Training and socialization are a must with APBTs.  They are great dogs.


----------



## pogmothoinkm (Aug 31, 2009)

He's already been signed up for an obedience class. I was told 8 weeks old is not too early. And since he's already sitting, and is practically housebroken, I would say that's right. The big challenge seems to be leash training, and coming when called.


----------



## Turkeypaw (Sep 1, 2009)

hogdawg said:


> Training and socialization are a must with APBTs.  They are great dogs.


It's very important with any dog, but I agree it's a must with APBTs.


----------



## CFGD (Sep 3, 2009)

been around these dogs my whole life, never once been bitten,  or even growled at,by mine, my friend's, or strangers dogs.funny how any bulldog"type" "attack" is instantly categorized as "vicious pit bull attacks toddler", in the media.if you wanna know what the problem is, go to the hood and watch the dope boys tryin to fight 4 month old dogs and then beat on them when they just wanna play,and then wonder why one may fear humans. bottom line...


APBT's+
idiot owners+
media bias+
ratings+
ad revenue=

un educated, misinformed public


----------



## scdoghunter88 (Sep 21, 2009)

HZK nice american bullys but they are not true pits but they still or nice


----------



## K9SAR (Sep 22, 2009)

HZK said:


> I have been breeding the American Pitbull Terrier for 23 years now.The media is the problem and back yard breeders. It isn't the breed that does what it does.It is the people who breed them wrong and raise them wrong.




I love Pit Bulls, and while I do agree that how they are raised plays an incredibly important part with the outcome of the dogs, as with ANY breed of dog, genetics also plays a role.  A backyard breeder that is pumping puppies out merely to get some extra cash isn't going to care if there are any temperament (genetic) flaws in a dog - just that it produces puppies.  

I have owned two Pit Bulls: one was a female used as a bait dog.  She had a high drive and hated cats, but she had a solid temperament.  I adopted her when she was 6 years old from a humane society.  Her owners turned her in because she killed their cat.  She lived a long and healthy life and died when she was 14. 

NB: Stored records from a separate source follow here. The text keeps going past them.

//! Writing a row for each `moof`, with the bytes of its media data.

ghost use Rattle.std.specs.Prelude.{◌≡◌, ◌++◌, ◌∷◌, ◌-◌, ◌^◌, ℕ, [], None, min, true, IfSome, OnOk};
ghost use Rattle.std.specs.BTreeMap.{get};
ghost use Rattle.std.specs.Io.KnownBytes.{Appends};
ghost use Rattle.std.specs.Ordering.{nat_cmp};
ghost use Rattle.mp4_frame.specs.FourCC.{four_cc_of};
ghost use Rattle.mp4_frame.specs.declared.codes.TheConstants as names;
ghost use Rattle.mp4_movie.specs.Levels.{all_in, first_in};
ghost use Rattle.mp4_walk.specs.FileBoxes.{boxes_of};
ghost use Rattle.mp4_inspect_samples.specs.Samples.{AreParts};
ghost use Rattle.mp4_inspect_samples.specs.SegmentText.{names_text, segment_text};
ghost use Rattle.mp4_inspect_samples.specs.Segments.{WritesSegments, answer_faults, end_before, first_of};
ghost use Rattle.mp4_inspect_samples.specs.Segments.{fragments_in, last_end, moof_faults, segment_at, segment_by};
ghost use Rattle.mp4_inspect_samples.specs.Segments.{segment_size, segments_text, time_at, time_or};
ghost use Rattle.mp4_inspect_samples.specs.Trafs.{unknown_fault};
ghost use Rattle.mp4_inspect_samples.specs.declared.track_times.TrackTime.{TrackTime};

use crate::choice::Choice;
use crate::clock::Clock;
use crate::durations::duration_of;
use crate::fault::{Fault, TrackFault};
use crate::heading::write_end;
use crate::lists::keep;
use crate::row_text::Form;
use crate::rows::RowWriter;
use crate::samples_of_file::{MovieParts, keep_errors, keep_no_movie, limit_of};
use crate::segment_text::{Segment, push_segment};
use crate::track_times::{TrackTimes, start_by, times_of};
use mp4_frame::codes::{MDAT, MOOF};
use mp4_io::{Failure, Output, write_all};
use mp4_movie::{BoxError, MoofFragments, TrackFragment, first_in, movie_in};
use mp4_walk::{BoxWalk, Source, TreeBox};
use std::alloc::{AllocError, Global};
use std::io::Write;

/// The unit of the times of rows, and the length of the file.
#[derive(Clone, Copy, Debug, PartialEq, Eq)]
struct Rule {
    /// Asks for times in seconds.
    seconds: bool,
    /// The number of bytes of the file.
    length: u64,
}

/// Returns the end of the last `mdat` in `boxes`, or `end` if there is none. 2^64 - 1 stands for all later positions.
fn last_end(end: u64, boxes: &[TreeBox]) -> u64
    ensures { result ≡ min (last_end end (all_in 0 (four_cc_of names.MDAT) boxes.now)) (2 ^ 64 - 1) }
{
    let mut last = end;
    let mut rest = boxes;
    'boxes: while let Some(place) = first_in(rest, 0, MDAT) {
        last = place.found.position.saturating_add(place.found.length);
        rest = place.after;
    }
    last
}

/// Returns the position of the next `moof` after the `moof` `found`, or the end of the last `mdat` after it, or of the
/// `moof` if there is no `mdat`. `after` has the boxes after its header. 2^64 - 1 stands for all later positions.
fn end_before(found: &TreeBox, after: &[TreeBox]) -> u64
    ensures { result ≡ min (end_before (first_in 0 (four_cc_of names.MOOF) after.now)
        (record { box = found.now; after = after.now })) (2 ^ 64 - 1) }
{
    match first_in(after, 0, MOOF) {
        Some(next) => next.found.position,
        None => last_end(found.position.saturating_add(found.length), after),
    }
}

/// Returns the number of bytes from the `moof` `found` to the next `moof`, or to the end of the last `mdat` after it,
/// or of the `moof` if there is no `mdat`. `after` has the boxes after its header, of a file of `length` bytes.
fn segment_size(found: &TreeBox, after: &[TreeBox], length: u64) -> u64
    ensures { result ≡ segment_size length (record { box = found.now; after = after.now }) }
{
    end_before(found, after)
        .min(length)
        .saturating_sub(found.position)
}

/// Returns the row of a `moof` of `size` bytes at `offset`, by the answers of the movie for its `traf`s. `times` has
/// the times of the tracks before it.
fn segment_by(
    number: u64,
    offset: u64,
    size: u64,
    seconds: bool,
    times: &TrackTimes,
    answers: &[Result<TrackFragment, BoxError>],
) -> Segment
    ensures { result ≡ segment_by number offset size seconds
        (λ (q : ℕ). time_or (get nat_cmp times.now.by_track q)) (first_of answers.now) }
{
    if answers.is_empty() {
        return unknown_segment(number, offset, size, seconds);
    }
    match &answers[0] {
        Ok(fragment) => {
            let time = times.of(fragment.header.track_id);
            Segment {
                number,
                offset,
                size,
                track: Some(fragment.header.track_id),
                start: start_by(&fragment.time, time.end),
                duration: Some(duration_of(fragment)),
                clock: Clock {
                    timescale: time.timescale,
                    seconds,
                },
            }
        }
        Err(_) => unknown_segment(number, offset, size, seconds),
    }
}

/// Returns the row of a `moof` whose first fragment is unknown.
fn unknown_segment(number: u64, offset: u64, size: u64, seconds: bool) -> Segment
    ensures { (times : ℕ → TrackTime) → result ≡ segment_by number offset size seconds times None }
{
    Segment {
        number,
        offset,
        size,
        track: None,
        start: None,
        duration: None,
        clock: Clock {
            timescale: None,
            seconds,
        },
    }
}

/// Stores the times of a track after a fragment, or the fault of a `traf` of the `moof` at position `moof` that is
/// none.
fn enter_answer(
    moof: u64,
    answer: Result<TrackFragment, BoxError>,
    times: &mut TrackTimes,
    faults: &mut Vec<TrackFault>,
) -> Result<(), AllocError>
    ensures told { OnOk result (faults.new.items ≡ faults.old.items ++ unknown_fault moof None answer) }
    ensures times { OnOk result ((q : ℕ) → time_or (get nat_cmp times.new.by_track q)
        ≡ time_at q (time_or (get nat_cmp times.old.by_track q)) (fragments_in (answer ∷ []))) }
{
    match answer {
        Ok(fragment) => times.enter(&fragment),
        Err(error) => keep(
            faults,
            TrackFault {
                track: None,
                fault: Fault::Header(moof, error),
            },
        ),
    }
}

/// Stores the times of tracks after the fragments of the `moof` at position `moof`, and the faults of `traf`s that are
/// none.
fn enter_answers(
    moof: u64,
    answers: Vec<Result<TrackFragment, BoxError>>,
    times: &mut TrackTimes,
    faults: &mut Vec<TrackFault>,
) -> Result<(), AllocError>
    ensures told { OnOk result (faults.new.items ≡ faults.old.items ++ answer_faults moof answers.items) }
    ensures times { OnOk result ((q : ℕ) → time_or (get nat_cmp times.new.by_track q)
        ≡ time_at q (time_or (get nat_cmp times.old.by_track q)) (fragments_in answers.items)) }
{
    for answer in answers {
        enter_answer(moof, answer, times, faults)?;
    }
    Ok(())
}

/// Writes the text before the rows of a file.
fn write_names<W: Write>(form: Form, output: &mut Output<W>) -> Result<(), Failure>
    ensures text { OnOk result
        (Appends (W.contents output.old.inner) (W.contents output.new.inner) (names_text form)) }
{
    match form {
        Form::Text => write_all(
            output,
            b"  number        offset         size       track         start      duration\n",
        ),
        Form::Csv => write_all(
            output,
            b"number,offset,size,track,start,duration,timescale\n",
        ),
        Form::Json => write_all(output, b"["),
    }
}

/// Writes a row.
fn write_segment<W: Write>(
    row: &Segment,
    writer: &mut RowWriter,
    output: &mut Output<W>,
) -> Result<(), Failure>
    ensures row { OnOk result
        (Appends (W.contents output.old.inner) (W.contents output.new.inner)
        (segment_text writer.old.form writer.old.follows row.now)) }
    ensures form { writer.new.form ≡ writer.old.form }
    ensures follows { OnOk result (writer.new.follows ≡ true) }
{
    writer.text.clear();
    push_segment(
        writer.form,
        writer.follows,
        row,
        &mut writer.cell,
        &mut writer.text,
    )?;
    writer.follows = true;
    write_all(output, writer.text.as_bytes())
}

/// Writes the row of the `moof` `found`, by the answers of the movie for it, and stores the faults of its `traf`s.
/// `after` has the boxes after its header. `times` has the times of the tracks before it, and then those after it.
fn write_moof<W: Write>(
    found: &TreeBox,
    after: &[TreeBox],
    moof: MoofFragments,
    number: u64,
    rule: Rule,
    times: &mut TrackTimes,
    writer: &mut RowWriter,
    output: &mut Output<W>,
    faults: &mut Vec<TrackFault>,
) -> Result<(), Failure>
    ensures row { OnOk result
        (Appends (W.contents output.old.inner) (W.contents output.new.inner)
        (segment_text writer.old.form writer.old.follows
        (segment_at (record { form = writer.old.form; seconds = rule.seconds; length = rule.length })
        (λ (q : ℕ). time_or (get nat_cmp times.old.by_track q)) number
        (record { box = found.now; after = after.now }) moof))) }
    ensures told { OnOk result
        (faults.new.items ≡ faults.old.items ++ answer_faults moof.position moof.fragments.items) }
    ensures times { OnOk result ((q : ℕ) → time_or (get nat_cmp times.new.by_track q)
        ≡ time_at q (time_or (get nat_cmp times.old.by_track q)) (fragments_in moof.fragments.items)) }
    ensures form { writer.new.form ≡ writer.old.form }
    ensures follows { OnOk result (writer.new.follows ≡ true) }
{
    let MoofFragments {
        position,
        fragments,
    } = moof;
    let size = segment_size(found, after, rule.length);
    let row = segment_by(
        number,
        found.position,
        size,
        rule.seconds,
        times,
        &fragments,
    );
    write_segment(&row, writer, output)?;
    enter_answers(position, fragments, times, faults)?;
    Ok(())
}

/// Writes the rows of the `moof`s in `boxes`, by the answers of the movie for them, and stores the faults of their
/// `traf`s. `times` has the times of the tracks before all fragments. 2^64 - 1 rows are out of memory.
fn write_moofs<W: Write>(
    boxes: &[TreeBox],
    moofs: Vec<MoofFragments>,
    rule: Rule,
    times: &mut TrackTimes,
    writer: &mut RowWriter,
    output: &mut Output<W>,
    faults: &mut Vec<TrackFault>,
) -> Result<(), Failure>
    ensures rows { OnOk result
        (Appends (W.contents output.old.inner) (W.contents output.new.inner)
        (segments_text (record { form = writer.old.form; seconds = rule.seconds; length = rule.length })
        (λ (q : ℕ). time_or (get nat_cmp times.old.by_track q)) writer.old.follows 0 []
        (all_in 0 (four_cc_of names.MOOF) boxes.now) moofs.items)) }
    ensures told { OnOk result (faults.new.items
        ≡ faults.old.items ++ moof_faults (all_in 0 (four_cc_of names.MOOF) boxes.now) moofs.items) }
{
    let mut number: u64 = 0;
    let mut rest = boxes;
    for moof in moofs {
        let Some(place) = first_in(rest, 0, MOOF) else {
            return Ok(());
        };
        if number == u64::MAX {
            return Err(Failure::Memory);
        }
        number += 1;
        write_moof(
            &place.found,
            place.after,
            moof,
            number,
            rule,
            times,
            writer,
            output,
            faults,
        )?;
        rest = place.after;
    }
    Ok(())
}

/// Writes a row for each `moof` of a file with the boxes `boxes`, by the parts of its movie: its bytes up to the next
/// `moof` or the end of its media data, and the start and the duration of its first fragment. Stores the faults.
pub fn write_segments<S: Source, W: Write>(
    alloc: Global,
    walk: &mut BoxWalk<S>,
    boxes: &[TreeBox],
    parts: MovieParts,
    choice: Choice,
    output: &mut Output<W>,
    faults: &mut Vec<TrackFault>,
) -> Result<(), Failure>
    ensures segments { IfSome walk.old.bytes
        (λ file. boxes.now ≡ boxes_of file → AreParts file parts
        → OnOk result (WritesSegments choice file (W.contents output.old.inner) (W.contents output.new.inner)
        faults.old.items faults.new.items)) }
{
    let limit = limit_of(walk, choice);
    let rule = Rule {
        seconds: choice.seconds,
        length: limit.length,
    };
    let MovieParts {
        errors,
        moofs,
        infos,
    } = parts;
    keep_errors(errors, faults)?;
    let movie = movie_in(boxes);
    let mut times = times_of(alloc, walk, movie, infos)?;
    let mut writer = RowWriter::new(alloc, choice.form);
    write_names(choice.form, output)?;
    write_moofs(boxes, moofs, rule, &mut times, &mut writer, output, faults)?;
    keep_no_movie(boxes, faults)?;
    write_end(choice.form, output)
}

The second Pit Bull had to be humanely euthanized.  He came as a rescue from very crappy owners who knew NOTHING about puppies, and we owned him since he was 7 weeks old.  We socialized him, trained him, cared for him.  He lived in our house with us (as all of our dogs do), and was never mistreated.  He started becoming unpredictably aggressive for no reason whatsoever: no triggers, etc. We took him to three Veterinarians, two Animal Behaviorists, a trainer, and a specialist.  We had him tested for a variety of diseases, but no physical cause could be found for his [human] aggression.  He would go from calm and normal, haphazardly wagging his tail, relaxed to stop wagging his tail, stare at someone for a second, and then lunge at their face, snapping at them.  We made the [responsible] decision to euthanize him as the trainers, specialist, behaviorists, and the Vet couldn't help us.  I firmly believe that his breeding was more than likely backyard breeding by people who were just pumping out puppies to sell.  

Our future dog comes from a well-known breeder here in Georgia that breeds for the all-around dog.  Not only are they Gr CH and CH in the AKC and UKC show rings, but they are titled in IronDog Triathalons, Rally Novice, Advanced, Excellent, Tracking, Weight Pulling, Obedience, the CGC, TDI, and several other events.  All of her dogs are Temperament Tested and bred to breed standard (not the oversized dogs).  

But like the other great advice: socialization and training.  They are incredibly loyal and loving dogs.  We will never NOT have one.


----------



## FLdeerHunter25 (Sep 22, 2009)

I have had pits my entire life and I have a blue nose pit that sleeps on the pillow with my gf everynight. He has never shown sign of aggression and is great around kids. The reason these dogs get a bad rep is due to lack of training and or the wrong training. 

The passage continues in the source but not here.